- _What is expected_: Would you show every line from the records that holds "List"?

[Opening Materials provided section]

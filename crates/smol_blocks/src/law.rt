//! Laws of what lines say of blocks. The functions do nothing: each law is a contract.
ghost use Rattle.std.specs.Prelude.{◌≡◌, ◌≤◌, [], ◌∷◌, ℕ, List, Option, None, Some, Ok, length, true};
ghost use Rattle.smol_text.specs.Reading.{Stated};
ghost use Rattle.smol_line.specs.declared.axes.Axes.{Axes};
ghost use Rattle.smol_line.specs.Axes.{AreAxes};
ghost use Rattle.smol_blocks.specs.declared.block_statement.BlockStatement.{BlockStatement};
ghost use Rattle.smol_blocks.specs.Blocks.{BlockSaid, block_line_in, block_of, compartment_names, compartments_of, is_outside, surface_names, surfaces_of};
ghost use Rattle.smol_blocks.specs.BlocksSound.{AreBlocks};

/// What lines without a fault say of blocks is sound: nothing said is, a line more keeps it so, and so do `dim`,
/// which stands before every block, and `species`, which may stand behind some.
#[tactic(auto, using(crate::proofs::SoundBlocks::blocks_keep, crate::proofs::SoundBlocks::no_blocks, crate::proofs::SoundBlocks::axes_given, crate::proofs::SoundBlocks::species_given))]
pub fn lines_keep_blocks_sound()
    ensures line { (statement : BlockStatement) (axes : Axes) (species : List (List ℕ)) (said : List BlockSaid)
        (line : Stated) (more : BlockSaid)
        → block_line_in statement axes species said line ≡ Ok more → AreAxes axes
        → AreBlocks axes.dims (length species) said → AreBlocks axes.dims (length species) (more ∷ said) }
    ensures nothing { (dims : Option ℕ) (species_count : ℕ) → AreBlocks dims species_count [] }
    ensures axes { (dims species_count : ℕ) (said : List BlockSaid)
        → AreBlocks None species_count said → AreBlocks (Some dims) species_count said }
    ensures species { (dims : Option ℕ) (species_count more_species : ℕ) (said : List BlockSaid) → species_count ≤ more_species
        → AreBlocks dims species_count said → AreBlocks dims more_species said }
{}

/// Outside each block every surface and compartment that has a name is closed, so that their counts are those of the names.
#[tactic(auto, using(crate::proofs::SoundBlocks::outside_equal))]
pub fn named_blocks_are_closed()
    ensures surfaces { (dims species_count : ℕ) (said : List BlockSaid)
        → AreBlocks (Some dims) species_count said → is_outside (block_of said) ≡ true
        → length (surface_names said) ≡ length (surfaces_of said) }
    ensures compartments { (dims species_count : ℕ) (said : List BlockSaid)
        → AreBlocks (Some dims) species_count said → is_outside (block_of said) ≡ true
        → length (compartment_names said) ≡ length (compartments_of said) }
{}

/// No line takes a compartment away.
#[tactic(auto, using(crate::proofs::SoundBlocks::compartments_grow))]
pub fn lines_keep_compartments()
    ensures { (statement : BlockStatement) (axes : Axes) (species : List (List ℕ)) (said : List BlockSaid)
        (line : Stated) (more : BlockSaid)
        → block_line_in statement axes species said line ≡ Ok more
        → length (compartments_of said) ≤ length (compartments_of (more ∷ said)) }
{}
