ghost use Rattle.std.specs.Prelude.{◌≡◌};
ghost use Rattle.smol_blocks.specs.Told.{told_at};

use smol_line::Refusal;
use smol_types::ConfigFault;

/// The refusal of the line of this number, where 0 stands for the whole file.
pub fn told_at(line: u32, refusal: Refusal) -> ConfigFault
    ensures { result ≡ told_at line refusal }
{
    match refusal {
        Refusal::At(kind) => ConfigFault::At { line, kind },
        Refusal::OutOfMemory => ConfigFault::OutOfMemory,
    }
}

[Closing Materials provided section]
[Opening Materials provided section]

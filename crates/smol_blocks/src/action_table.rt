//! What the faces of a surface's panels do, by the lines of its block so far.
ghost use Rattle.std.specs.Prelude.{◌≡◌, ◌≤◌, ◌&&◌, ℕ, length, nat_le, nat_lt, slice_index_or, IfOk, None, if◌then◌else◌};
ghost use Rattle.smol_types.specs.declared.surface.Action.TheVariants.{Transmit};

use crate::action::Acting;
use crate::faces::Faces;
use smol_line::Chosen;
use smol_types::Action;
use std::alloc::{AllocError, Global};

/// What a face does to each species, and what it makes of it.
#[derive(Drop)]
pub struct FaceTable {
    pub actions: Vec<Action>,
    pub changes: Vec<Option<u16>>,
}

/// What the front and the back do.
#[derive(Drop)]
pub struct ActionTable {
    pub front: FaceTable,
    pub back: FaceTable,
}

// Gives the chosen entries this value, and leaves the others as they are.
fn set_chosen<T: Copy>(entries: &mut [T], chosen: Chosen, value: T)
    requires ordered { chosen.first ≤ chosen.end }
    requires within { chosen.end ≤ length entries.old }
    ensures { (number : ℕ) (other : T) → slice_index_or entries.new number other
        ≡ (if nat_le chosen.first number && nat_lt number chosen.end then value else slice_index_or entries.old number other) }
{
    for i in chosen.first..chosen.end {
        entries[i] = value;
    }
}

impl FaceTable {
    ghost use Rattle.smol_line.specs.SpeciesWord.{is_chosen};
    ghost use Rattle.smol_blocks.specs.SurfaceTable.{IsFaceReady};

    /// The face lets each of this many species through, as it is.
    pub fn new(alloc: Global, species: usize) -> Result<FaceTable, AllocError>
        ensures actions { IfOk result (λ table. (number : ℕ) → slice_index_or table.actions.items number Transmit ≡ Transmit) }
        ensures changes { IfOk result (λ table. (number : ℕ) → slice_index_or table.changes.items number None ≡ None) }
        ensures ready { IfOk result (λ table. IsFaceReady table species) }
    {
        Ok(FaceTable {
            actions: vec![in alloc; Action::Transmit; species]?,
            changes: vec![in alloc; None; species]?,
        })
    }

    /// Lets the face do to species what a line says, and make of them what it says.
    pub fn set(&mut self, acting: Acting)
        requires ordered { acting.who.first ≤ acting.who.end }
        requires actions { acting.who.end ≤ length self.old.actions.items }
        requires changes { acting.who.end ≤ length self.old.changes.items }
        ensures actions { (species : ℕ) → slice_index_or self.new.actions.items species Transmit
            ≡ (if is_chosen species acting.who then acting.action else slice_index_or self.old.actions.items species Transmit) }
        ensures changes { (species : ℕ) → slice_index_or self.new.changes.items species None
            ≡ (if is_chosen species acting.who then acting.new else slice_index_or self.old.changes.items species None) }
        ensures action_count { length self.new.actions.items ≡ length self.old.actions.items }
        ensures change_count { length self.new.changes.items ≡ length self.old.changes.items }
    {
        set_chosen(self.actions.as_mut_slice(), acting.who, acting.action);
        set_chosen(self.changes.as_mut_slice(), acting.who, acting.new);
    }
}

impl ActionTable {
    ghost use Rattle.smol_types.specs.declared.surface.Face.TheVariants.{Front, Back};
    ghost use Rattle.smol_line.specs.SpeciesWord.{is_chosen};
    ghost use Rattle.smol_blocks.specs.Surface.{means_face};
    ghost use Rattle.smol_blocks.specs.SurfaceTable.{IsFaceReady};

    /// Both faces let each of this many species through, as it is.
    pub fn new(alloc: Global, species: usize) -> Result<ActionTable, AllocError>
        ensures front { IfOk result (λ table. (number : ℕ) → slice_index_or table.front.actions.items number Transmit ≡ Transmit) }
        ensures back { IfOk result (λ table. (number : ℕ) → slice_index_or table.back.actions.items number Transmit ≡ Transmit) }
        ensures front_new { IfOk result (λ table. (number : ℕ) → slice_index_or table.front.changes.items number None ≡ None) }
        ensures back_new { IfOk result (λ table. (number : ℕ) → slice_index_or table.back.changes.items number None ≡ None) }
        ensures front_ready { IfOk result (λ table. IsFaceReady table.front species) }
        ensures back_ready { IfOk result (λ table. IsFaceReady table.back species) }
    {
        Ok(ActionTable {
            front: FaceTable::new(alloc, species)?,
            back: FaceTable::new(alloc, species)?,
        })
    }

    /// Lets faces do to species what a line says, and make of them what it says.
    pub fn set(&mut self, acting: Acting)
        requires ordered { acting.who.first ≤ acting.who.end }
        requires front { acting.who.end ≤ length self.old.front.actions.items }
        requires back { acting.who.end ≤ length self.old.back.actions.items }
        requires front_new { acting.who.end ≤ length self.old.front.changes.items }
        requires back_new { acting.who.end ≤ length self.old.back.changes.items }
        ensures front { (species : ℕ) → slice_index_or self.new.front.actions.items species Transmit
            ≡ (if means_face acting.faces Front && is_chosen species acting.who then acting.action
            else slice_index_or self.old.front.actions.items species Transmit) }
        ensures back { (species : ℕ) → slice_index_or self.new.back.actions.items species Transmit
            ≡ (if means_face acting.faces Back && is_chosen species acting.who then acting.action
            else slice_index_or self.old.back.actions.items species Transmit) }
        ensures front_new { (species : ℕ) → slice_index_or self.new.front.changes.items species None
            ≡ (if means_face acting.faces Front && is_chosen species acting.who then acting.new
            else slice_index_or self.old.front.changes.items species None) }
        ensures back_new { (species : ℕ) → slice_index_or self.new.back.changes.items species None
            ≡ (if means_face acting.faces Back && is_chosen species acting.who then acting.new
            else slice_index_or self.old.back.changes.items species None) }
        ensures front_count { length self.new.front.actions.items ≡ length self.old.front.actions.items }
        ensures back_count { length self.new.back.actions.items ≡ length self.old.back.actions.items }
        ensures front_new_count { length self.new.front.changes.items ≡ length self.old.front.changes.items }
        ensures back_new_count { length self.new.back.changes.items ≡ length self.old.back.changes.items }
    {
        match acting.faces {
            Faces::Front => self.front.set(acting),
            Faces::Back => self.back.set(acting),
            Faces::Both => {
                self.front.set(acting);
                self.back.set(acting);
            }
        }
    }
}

[Closing Materials provided section]
[Opening Materials provided section]

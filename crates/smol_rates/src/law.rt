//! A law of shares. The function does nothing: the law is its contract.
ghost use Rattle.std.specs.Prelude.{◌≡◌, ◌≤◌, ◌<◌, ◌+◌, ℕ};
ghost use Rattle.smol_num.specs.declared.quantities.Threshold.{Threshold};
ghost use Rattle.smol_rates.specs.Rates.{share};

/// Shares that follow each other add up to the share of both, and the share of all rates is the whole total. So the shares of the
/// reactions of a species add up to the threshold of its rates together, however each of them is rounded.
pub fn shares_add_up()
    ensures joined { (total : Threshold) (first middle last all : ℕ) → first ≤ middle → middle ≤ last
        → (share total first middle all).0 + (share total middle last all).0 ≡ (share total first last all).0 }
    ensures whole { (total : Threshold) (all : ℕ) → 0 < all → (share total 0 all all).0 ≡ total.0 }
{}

[Closing Materials provided section]

- _Answer to this problem_:
ghost use Rattle.std.specs.Prelude.{◌≡◌, ◌≤◌, [], ◌∷◌, ℕ, List, Option, None, Some, Ok, length, true};
    ensures line { (statement : BlockStatement) (axes : Axes) (species : List (List ℕ)) (said : List BlockSaid)
    ensures axes { (dims species_count : ℕ) (said : List BlockSaid)
    ensures species { (dims : Option ℕ) (species_count more_species : ℕ) (said : List BlockSaid) → species_count ≤ more_species
    ensures surfaces { (dims species_count : ℕ) (said : List BlockSaid)
    ensures compartments { (dims species_count : ℕ) (said : List BlockSaid)
    ensures { (statement : BlockStatement) (axes : Axes) (species : List (List ℕ)) (said : List BlockSaid)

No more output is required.